Expression of a mutant myosin light chain that cannot be phosphorylated increases paracellular permeability.

Abstract

A murine leukemia retroviral vector was engineered to contain the DNA encoding either the wild-type, rat aorta 20-kDa myosin light chain (MLC20) or a mutant form of MLC20 in which Thr18 and Ser19 were mutated into alanines. These mutations result in a MLC20 that cannot be phosphorylated by myosin light chain kinase. An 11-amino acid epitope from c-myc was added to both MLC20 sequences to facilitate identification of these proteins. Madin-Darby canine kidney cells were stably transduced, and MLC20 expression was demonstrated by Western blot analysis using a myc-specific antibody.

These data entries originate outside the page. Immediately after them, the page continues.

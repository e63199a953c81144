//! Generated sessions: the pieces with moments at and inside their bounds, and what each drive makes of them.
//! The generator writes down the host's changes and each drive's own from the pieces, and knows nothing of ear and
//! mouth.

use crate::tests::bounds::{BOUNDS, Bound};
use crate::tests::plays::*;
use crate::tests::reading::{FREE, add, after, beat, role_after};
use Line::*;
use Way::*;
use cbm_iec::*;
use std::alloc::Global;
use std::process::Abort;

// A drive of the generated session.
#[derive(Clone, Copy, Drop)]
pub struct Member {
    pub device: u8,
    pub reaction: u64,
    pub pace: Pace,
    pub role: Role,
    pub own: Held,
}

// A session as it is written down: the host's changes, the drives' events, and the acts that count, each with its
// moment.
#[derive(Drop)]
pub struct Session {
    pub seed: u64,
    pub members: Vec<Member>,
    pub host: Held,
    pub changes: Vec<Change>,
    pub wanted: Vec<Event>,
    pub acts: Vec<(u64, u8, Act)>,
    pub said: usize,
    pub pulled: u64,
    pub released: u64,
    // The first accept of the last byte, and the last one.
    pub accepted: u64,
    pub answered: u64,
    pub silent: bool,
    // The bounds in order, and which of them is to be broken, counted from 1; which one was, the moment of the
    // change, and whether that is too late.
    pub bounds: Vec<Bound>,
    pub flaw: u64,
    pub broken: Option<(Bound, u64, bool)>,
}

// The lines after a change, and whether it changes them.
pub fn with_own(own: Held, line: Line, low: bool) -> (Held, bool) {
    match line {
        Atn => (own, false),
        Clock => (
            Held {
                clock_low: low,
                ..own
            },
            own.clock_low != low,
        ),
        Data => (
            Held {
                data_low: low,
                ..own
            },
            own.data_low != low,
        ),
    }
}

impl Session {
    pub fn random(&mut self, below: u64) -> u64 {
        self.seed = self
            .seed
            .wrapping_mul(6364136223846793005)
            .wrapping_add(1442695040888963407);
        let high = self.seed / 0x1_0000_0000;
        if below == 0 { 0 } else { high % below }
    }

    // A moment of a range: often its first or its last.
    pub fn pick(&mut self, first: u64, last: u64) -> u64 {
        match self.random(5) {
            0 | 1 => first,
            2 | 3 => last,
            _ => {
                let span = last.wrapping_sub(first);
                after(first, self.random(span))
            }
        }
    }

    // Whether the bound that comes now is the one to be broken.
    pub fn is_flaw(&mut self, rt: &impl Abort, bound: Bound) -> bool {
        add(rt, &mut self.bounds, bound);
        self.bounds.len() as u64 == self.flaw
    }

    /// Which bound to break: one of a kind, if there is one.
    pub fn choose(&mut self) -> u64 {
        let kind = self.random(BOUNDS.len() as u64) as usize;
        let count = self.bounds.len() as u64;
        let first = self.random(count);
        let mut chosen = after(first, 1);
        let mut place = 0;
        for bound in &self.bounds {
            place = after(place, 1);
            if BOUNDS.get(kind) == Some(bound) && (chosen <= first || place <= after(first, 1)) {
                chosen = place;
            }
        }
        chosen
    }

    // A moment that is at least the first, often that or the last. Where this bound is to be broken it is 1 too
    // early, if it still comes after all others.
    pub fn from(&mut self, rt: &impl Abort, bound: Bound, first: u64, last: u64) -> u64 {
        if self.is_flaw(rt, bound) && self.is_after_all(first.wrapping_sub(1)) {
            self.broken = Some((bound, first.wrapping_sub(1), false));
            return first.wrapping_sub(1);
        }
        self.pick(first, last)
    }

    // A moment that is at least the first and at most the last, or 1 beside them where one of them is to be broken.
    pub fn within(&mut self, rt: &impl Abort, bound: Bound, first: u64, last: u64) -> u64 {
        let moment = self.from(rt, bound, first, last);
        if self.is_flaw(rt, bound) {
            self.broken = Some((bound, after(last, 1), true));
            return after(last, 1);
        }
        moment
    }

    // The moment of a change that comes together with the last one, or 1 later.
    pub fn together(&mut self, rt: &impl Abort, moment: u64) -> u64 {
        if self.is_flaw(rt, Bound::Together) {
            self.broken = Some((Bound::Together, after(moment, 1), true));
            return after(moment, 1);
        }
        moment
    }

    pub fn is_after_all(&self, moment: u64) -> bool {
        match self.changes.last() {
            Some(change) => change.moment <= moment,
            None => false,
        }
    }

    // A change of the host, where it changes its line.
    pub fn host(&mut self, rt: &impl Abort, moment: u64, line: Line, way: Way) {
        let (held, changes) = with_own(self.host, line, is_low(way));
        if line == Atn || changes {
            add(rt, &mut self.changes, at(moment, line, way));
        }
        self.host = held;
    }

    // A change of a drive, where it changes its line.
    pub fn drive(&mut self, rt: &impl Abort, device: u8, moment: u64, line: Line, way: Way) {
        let mut changed = false;
        for member in &mut self.members {
            if member.device == device {
                let (held, changes) = with_own(member.own, line, is_low(way));
                member.own = held;
                changed = changes;
            }
        }
        if changed {
            add(
                rt,
                &mut self.wanted,
                Event {
                    who: Who::Drive(device),
                    change: at(moment, line, way),
                },
            );
        }
    }

    // The members, copied, since they are read while the session grows.
    pub fn seats(&self, rt: &impl Abort, alloc: Global) -> Vec<Member> {
        let mut seats = Vec::new(alloc);
        for member in &self.members {
            add(rt, &mut seats, *member);
        }
        seats
    }

    pub fn each(&mut self, rt: &impl Abort, alloc: Global, moment: u64, act: Act) {
        let seats = self.seats(rt, alloc);
        for member in &seats {
            add(rt, &mut self.acts, (moment, member.device, act));
        }
    }

    pub fn pull(&mut self, rt: &impl Abort, alloc: Global, moment: u64) {
        self.host(rt, moment, Atn, Pull);
        let mut joined = moment;
        if !self.host.clock_low {
            joined = self.together(rt, joined);
            self.host(rt, joined, Clock, Pull);
        }
        if self.host.data_low {
            let freed = self.together(rt, joined);
            self.host(rt, freed, Data, Free);
        }
        self.each(rt, alloc, moment, Act::Pulled);
        let seats = self.seats(rt, alloc);
        for member in &seats {
            self.drive(
                rt,
                member.device,
                after(moment, member.reaction),
                Clock,
                Free,
            );
            self.drive(
                rt,
                member.device,
                after(moment, member.reaction),
                Data,
                Pull,
            );
        }
        self.pulled = moment;
    }

    // A frame of the host, to all in attention and else to the listeners.
    pub fn frame(
        &mut self,
        rt: &impl Abort,
        alloc: Global,
        attention: bool,
        byte: u8,
        eoi: bool,
        ready: u64,
    ) {
        let seats = self.seats(rt, alloc);
        self.host(rt, ready, Clock, Free);
        let (mut slowest, mut longest) = (0, 0);
        let mut fastest = 60;
        for member in &seats {
            if attention || member.role == Role::Listener {
                slowest = slowest.max(member.reaction);
                longest = longest.max(after(member.reaction, beat(member.pace)));
                fastest = fastest.min(member.reaction);
            }
        }
        let t = after(ready, slowest);
        let quiet = after(t, after(longest, 200));
        let start = if eoi {
            self.from(
                rt,
                Bound::StartAfterPulse,
                after(quiet, 1),
                after(quiet, 300),
            )
        } else {
            self.within(rt, Bound::Start, after(t, 1), after(t, 199))
        };
        if let Some((Bound::Start, moment, _)) = self.broken
            && moment == start
        {
            // To listeners the host might still signal the end.
            self.broken = Some((Bound::Start, moment, attention && t < moment));
        }
        self.host(rt, start, Clock, Pull);
        let mut last = start;
        let mut left = byte;
        for _ in 0..8 {
            let low = left % 2 == 0;
            left = left / 2;
            let mut set = last;
            if low != self.host.data_low {
                set = self.pick(last, after(last, 50));
                self.host(rt, set, Data, if low { Pull } else { Free });
            }
            let free = self.from(rt, Bound::Settled, after(set, 20), after(set, 90));
            self.host(rt, free, Clock, Free);
            last = self.from(rt, Bound::Shown, after(free, 20), after(free, 90));
            self.host(rt, last, Clock, Pull);
        }
        if self.host.data_low {
            let freed = self.together(rt, last);
            self.host(rt, freed, Data, Free);
        }
        for member in &seats {
            let (device, r) = (member.device, member.reaction);
            if attention || member.role == Role::Listener {
                self.drive(rt, device, after(ready, r), Data, Free);
                if eoi {
                    self.drive(rt, device, after(t, r.wrapping_add(200)), Data, Pull);
                    let pulse = after(beat(member.pace), 200);
                    self.drive(rt, device, after(t, r.wrapping_add(pulse)), Data, Free);
                }
                self.drive(rt, device, after(last, r), Data, Pull);
                add(
                    rt,
                    &mut self.acts,
                    (
                        after(last, r),
                        device,
                        if attention {
                            Act::Attention(byte)
                        } else {
                            Act::Heard(byte, eoi)
                        },
                    ),
                );
            }
        }
        self.accepted = after(last, fastest);
        self.answered = after(last, slowest);
    }

    pub fn command(&mut self, rt: &impl Abort, alloc: Global, byte: u8) {
        let first = after(self.pulled.max(self.accepted), 100);
        let ready = self.from(rt, Bound::Ready, first, after(first, 60));
        self.frame(rt, alloc, true, byte, false, ready);
        for member in &mut self.members {
            member.role = role_after(member.device, byte, member.role);
        }
    }

    pub fn any(&self, role: Role) -> Option<Member> {
        for member in &self.members {
            if member.role == role {
                return Some(*member);
            }
        }
        None
    }

    // Every drive is of a KERNAL's pace.
    fn is_of_kernal(&self) -> bool {
        for member in &self.members {
            if member.pace == Pace::Profile {
                return false;
            }
        }
        true
    }

    // From which moment ATN may be changed after a byte.
    pub fn after_accepts(&self) -> u64 {
        if self.is_of_kernal() {
            return after(self.accepted, 20).max(after(self.answered, 1));
        }
        let gap = if self.members.len() == 1 { 20 } else { 60 };
        after(self.accepted, gap)
    }

    // From ATN's release to its next pull.
    pub fn pull_pause(&self) -> u64 {
        if self.is_of_kernal() { 61 } else { 100 }
    }

    // Drives without a role let go of DATA.
    pub fn let_go(&mut self, rt: &impl Abort, alloc: Global, moment: u64) -> u64 {
        let seats = self.seats(rt, alloc);
        let mut afterwards = moment;
        for member in &seats {
            if member.role == Role::Absent {
                self.drive(
                    rt,
                    member.device,
                    after(moment, member.reaction),
                    Data,
                    Free,
                );
                afterwards = afterwards.max(after(moment, member.reaction.wrapping_add(1)));
            }
        }
        afterwards
    }
}

impl Session {
    /// A session of one to four drives, whose order of ties rises or falls; of its bounds the one with that number is
    /// broken, counted from 1. Each bit of `paces` is a drive's pace, and 1 that of a KERNAL.
    pub fn new(rt: &impl Abort, alloc: Global, seed: u64, flaw: u64, paces: u8) -> Session {
        let mut session = Session {
            seed,
            members: Vec::new(alloc),
            host: FREE,
            changes: Vec::new(alloc),
            wanted: Vec::new(alloc),
            acts: Vec::new(alloc),
            said: 0,
            pulled: 0,
            accepted: 0,
            answered: 0,
            silent: false,
            released: 0,
            bounds: Vec::new(alloc),
            flaw,
            broken: None,
        };
        session.silent = session.random(3) == 0;
        let count = after(session.random(4), 1);
        let falling = session.random(2) == 0;
        for place in 0..4u8 {
            let reaction = match session.random(4) {
                0 => 1,
                1 => 20,
                2 => 60,
                _ => 1 + session.random(60) % 60,
            };
            if (place as u64) < count {
                add(
                    rt,
                    &mut session.members,
                    Member {
                        device: if falling { 11 - place } else { 8 + place },
                        reaction,
                        pace: if paces >> place & 1 == 1 {
                            Pace::Kernal
                        } else {
                            Pace::Profile
                        },
                        role: Role::Absent,
                        own: FREE,
                    },
                );
            }
        }
        session
    }

    // The acts that count, without their moments.
    pub fn counted(&self, rt: &impl Abort, alloc: Global) -> Vec<(u8, Act)> {
        let mut counted = Vec::new(alloc);
        for (_, device, act) in &self.acts {
            add(rt, &mut counted, (*device, *act));
        }
        counted
    }
}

MLC20 exchange was demonstrated by purifying myosin from the transduced cells and repeating the Western blot analysis. Actin-activated adenosinetriphosphatase assays on the purified myosins demonstrated approximately 50% decrease in the rate of ATP hydrolysis by the myosin containing the mutant MLC20. Transepithelial electrical resistance was decreased and mannitol flux was increased across monolayers of cells expressing mutant MLC20. These data demonstrate that MLC20 phosphorylation is involved in regulating paracellular permeability and epithelial barrier function.